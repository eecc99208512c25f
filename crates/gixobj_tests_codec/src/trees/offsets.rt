//! Offsets of the reader of entries.

use super::EXAMPLE;
use crate::helpers::holds;
use gixobj_base::hash::Kind;
use gixobj_codec::laws::remaining_bytes_are_suffix;
use gixobj_codec::{TreeRef, TreeRefIter};
use std::alloc::{AllocError, Global};

/// Returns the offsets of the next entry: at first, and after each yielded entry or error.
fn offsets(alloc: Global, input: &[u8]) -> Result<Vec<usize>, AllocError> {
    remaining_bytes_are_suffix();
    let mut offsets = Vec::new(alloc);
    let mut seen = TreeRefIter::from_bytes(input, Kind::Sha1);
    offsets.push(seen.offset_to_next_entry(input))?;
    while seen.next().is_some() {
        offsets.push(seen.offset_to_next_entry(input))?;
    }
    Ok(offsets)
}

/// The offsets of the entries in the tree of the folder `examples`, and the end of the last one.
const OFFSETS: &[usize] = &[0, 36, 67, 104, 136, 170, 204];

/// Trees, and the offsets of their entries. After an error no bytes remain.
const TREES: &[(&[u8], &[usize])] = &[
    (EXAMPLE, OFFSETS),
    (b"", &[0]),
    (
        b"100644 a\0aaaaaaaaaaaaaaaaaaaa100648 b\0aaaaaaaaaaaaaaaaaaaa100644 c\0aaaaaaaaaaaaaaaaaaaa",
        &[0, 29, 87],
    ),
];

#[test]
fn offset_follows_each_entry_and_error(rt: HostRuntime) {
    for &(input, wanted) in TREES {
        let offsets = offsets(rt.alloc(), input);
        assert!(rt;
            holds!(&offsets, Ok(it) => it.as_slice() == wanted),
            "{wanted:?}"
        );
    }
}

/// A reader of the bytes from an offset yields the entries that remain. A copy of it keeps its position.
#[test]
fn resumes_from_each_offset(rt: HostRuntime) {
    let tree = TreeRef::from_bytes(rt.alloc(), EXAMPLE, Kind::Sha1);
    for (at, offset) in OFFSETS.iter().enumerate() {
        let rest = EXAMPLE.get(*offset..).unwrap_or(b"");
        let mut seen = TreeRefIter::from_bytes(rest, Kind::Sha1);
        let copy = seen;
        assert!(rt; seen.next().is_some() == (at < 6), "{offset}");
        assert!(rt; seen.count() == 5usize.saturating_sub(at), "{offset}");
        assert!(rt; copy.count() == 6usize.saturating_sub(at), "{offset}");
        let entries = copy.entries(rt.alloc());
        assert!(rt;
            holds!((&tree, &entries), (Ok(tree), Ok(it)) => tree.entries.get(at..) == Some(it.as_slice())),
            "{offset}"
        );
    }
}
§
Task statement
Of all the entries above, output exactly the lines between the one holding "use gixobj_codec::laws::remaining_bytes_are_suffix;" and the one holding "no bytes remain.", inclusive.

Response area
use gixobj_codec::laws::remaining_bytes_are_suffix;
use gixobj_codec::{TreeRef, TreeRefIter};
use std::alloc::{AllocError, Global};

/// Returns the offsets of the next entry: at first, and after each yielded entry or error.
fn offsets(alloc: Global, input: &[u8]) -> Result<Vec<usize>, AllocError> {
    remaining_bytes_are_suffix();
    let mut offsets = Vec::new(alloc);
    let mut seen = TreeRefIter::from_bytes(input, Kind::Sha1);
    offsets.push(seen.offset_to_next_entry(input))?;
    while seen.next().is_some() {
        offsets.push(seen.offset_to_next_entry(input))?;
    }
    Ok(offsets)
}

/// The offsets of the entries in the tree of the folder `examples`, and the end of the last one.
const OFFSETS: &[usize] = &[0, 36, 67, 104, 136, 170, 204];

/// Trees, and the offsets of their entries. After an error no bytes remain.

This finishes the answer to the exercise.